BEGIN

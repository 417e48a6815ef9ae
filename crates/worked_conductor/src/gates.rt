//! A gate that two workers pass.
use hc_lend::Gate;
use std::sync::atomic::{AtomicBool, Ordering};
use std::thread;

/// A gate at which worker 0 waits for worker 1, for at most 1,000,000 turns, and yields in each.
#[derive(Drop)]
pub struct WaitsForNext {
    begun: AtomicBool,
    seen: AtomicBool,
}

impl WaitsForNext {
    /// A gate at which neither worker has begun.
    pub fn shut() -> WaitsForNext {
        WaitsForNext {
            begun: AtomicBool::new(false),
            seen: AtomicBool::new(false),
        }
    }

    /// True if worker 0 saw that worker 1 has begun.
    pub fn has_seen(&self) -> bool {
        self.seen.load(Ordering::SeqCst)
    }
}

impl Gate for WaitsForNext {
    fn begun(&self, worker: usize) {
        if worker == 1 {
            self.begun.store(true, Ordering::SeqCst);
        }
        if worker != 0 {
            return;
        }
        for _ in 0..1_000_000 {
            if self.begun.load(Ordering::SeqCst) {
                self.seen.store(true, Ordering::SeqCst);
                return;
            }
            thread::yield_now();
        }
    }
}
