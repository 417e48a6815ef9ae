//! Two scopes of threads: tasks post in the first one, and see the answer after a note in the second one.
ghost use Rattle.std.specs.Prelude.{◌≡◌, IfSome};
ghost use Rattle.hc_conductor.specs.Conducting.{conductor_origin};
ghost use Rattle.hc_conductor.specs.Seats.{task_seat_origin};
ghost use Rattle.hc_publish.specs.Seats.{note_origin};

use crate::lines::{first_two, is_answered, is_programmed, opened};
use crate::posting::is_posted;
use crate::rows::{ANSWERED, ELSEWHERE, Moment, OPENED, sees};
use hc_conductor::conductor::Conductor;
use hc_conductor::seat::TaskSeat;
use hc_publish::publisher::Note;
use std::alloc::Global;
use std::sync::Wait;
use std::thread::{self, Threads, join};

/// The seat of the axis' task, or of the other one, sees the opening and posts. Returns the seat, and true if both succeed.
fn worked(seat: TaskSeat, is_own: bool) -> (TaskSeat, bool)
    ensures { task_seat_origin result.0 ≡ task_seat_origin seat }
{
    let moment = if is_own { &OPENED } else { &ELSEWHERE };
    let (mut seat, seen) = sees(seat, moment);
    let posted = is_posted(&mut seat, 2);
    (seat, seen && posted)
}

/// A task works in a thread of its own beside `work`.
fn beside<R: Threads, A, F: FnOnce() -> A>(
    rt: &R,
    seat: TaskSeat,
    is_own: bool,
    work: F,
) -> ((TaskSeat, bool), A)
    requires { F.pre work }
    ensures seat { task_seat_origin result.0.0 ≡ task_seat_origin seat }
    ensures done { F.post work result.1 }
{
    join(
        rt,
        || -> (TaskSeat, bool)
            ensures { task_seat_origin result.0 ≡ task_seat_origin seat }
        { worked(seat, is_own) },
        work,
    )
}

/// Two tasks work, each in a thread of its own, beside `work`.
fn beside_two<R: Threads, A, F: FnOnce() -> A>(
    rt: &R,
    one: TaskSeat,
    two: TaskSeat,
    work: F,
) -> ((TaskSeat, bool), ((TaskSeat, bool), A))
    requires { F.pre work }
    ensures one { task_seat_origin result.0.0 ≡ task_seat_origin one }
    ensures two { task_seat_origin result.1.0.0 ≡ task_seat_origin two }
    ensures done { F.post work result.1.1 }
{
    beside(
        rt,
        one,
        true,
        || -> ((TaskSeat, bool), A)
            requires { F.pre work }
            ensures { (task_seat_origin result.0.0 ≡ task_seat_origin two) × F.post work result.1 }
        { beside(rt, two, false, work) },
    )
}

/// Takes posts until two were accepted, for at most 1,000,000 calls, and yields after each.
fn takes_two(conductor: &mut Conductor) -> bool
    ensures { conductor_origin conductor.new ≡ conductor_origin conductor.old }
{
    let mut accepted = 0_u32;
    for _ in 0..1_000_000 {
        accepted = accepted.saturating_add(conductor.take_posts().accepted);
        if accepted == 2 {
            return true;
        }
        thread::yield_now();
    }
    false
}

/// Takes the posts of both tasks, exchanges task 0 and publishes the answer. Returns two notes of the publishing.
fn two_notes<R: Wait>(rt: &R, alloc: Global, conductor: &mut Conductor) -> Option<(Note, Note)>
    ensures { IfSome result (λ notes. (note_origin notes.0 ≡ conductor_origin conductor.old) × (note_origin notes.1 ≡ conductor_origin conductor.old)) }
{
    if !takes_two(conductor) || !is_answered(alloc, conductor) {
        return None;
    }
    conductor.publish(rt, alloc).ok()?;
    Some((conductor.note(), conductor.note()))
}

/// True if a view after a note shows this moment.
fn learned(mut seat: TaskSeat, note: Note, moment: &Moment) -> bool
    requires { note_origin note ≡ task_seat_origin seat }
{
    seat.learn(note);
    sees(seat, moment).1
}

/// True if each seat, in a thread of its own, learns a note and sees its moment.
fn both_learned<R: Threads>(rt: &R, one: TaskSeat, two: TaskSeat, first: Note, second: Note) -> bool
    requires one { note_origin first ≡ task_seat_origin one }
    requires two { note_origin second ≡ task_seat_origin two }
{
    let (shown, also) = join(
        rt,
        || -> bool
            requires { note_origin first ≡ task_seat_origin one }
        { learned(one, first, &ANSWERED) },
        || -> bool
            requires { note_origin second ≡ task_seat_origin two }
        { learned(two, second, &ELSEWHERE) },
    );
    shown && also
}

/// Both tasks work while their posts are taken and an answer comes. Afterwards each learns a note and views.
fn two_scopes<R: Threads + Wait>(
    rt: &R,
    alloc: Global,
    conductor: &mut Conductor,
    one: TaskSeat,
    two: TaskSeat,
) -> Option<bool>
    requires one { task_seat_origin one ≡ conductor_origin conductor.old }
    requires two { task_seat_origin two ≡ conductor_origin conductor.old }
{
    let ((one, worked), ((two, also), notes)) = beside_two(
        rt,
        one,
        two,
        || -> Option<(Note, Note)>
            ensures { IfSome result (λ notes. (note_origin notes.0 ≡ conductor_origin conductor.entry.now) × (note_origin notes.1 ≡ conductor_origin conductor.entry.now)) }
        { two_notes(rt, alloc, conductor) },
    );
    let (first, second) = notes?;
    let shown = both_learned(rt, one, two, first, second);
    Some(worked && also && shown)
}

/// Opens the line. True if both scopes have their results.
fn is_shown<R: Threads + Wait>(rt: &R, alloc: Global) -> bool {
    let Some((mut conductor, seats)) = opened(rt, alloc) else {
        return false;
    };
    let programmed = is_programmed(alloc, &mut conductor);
    let shown = match first_two(seats) {
        Some((one, two)) => two_scopes(rt, alloc, &mut conductor, one, two),
        None => None,
    };
    conductor.finish(rt);
    programmed && shown.unwrap_or(false)
}

/// Tasks post in one scope of threads, and see the published answer in the next one after they learn a note.
#[test]
fn a_note_between_two_scopes(rt: HostRuntime) {
    assert!(rt; is_shown(&rt, rt.alloc()));
}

END

=== Required work ===
Only a number is wanted here: how many lines of the material hold the word "each".

=== Result ===
5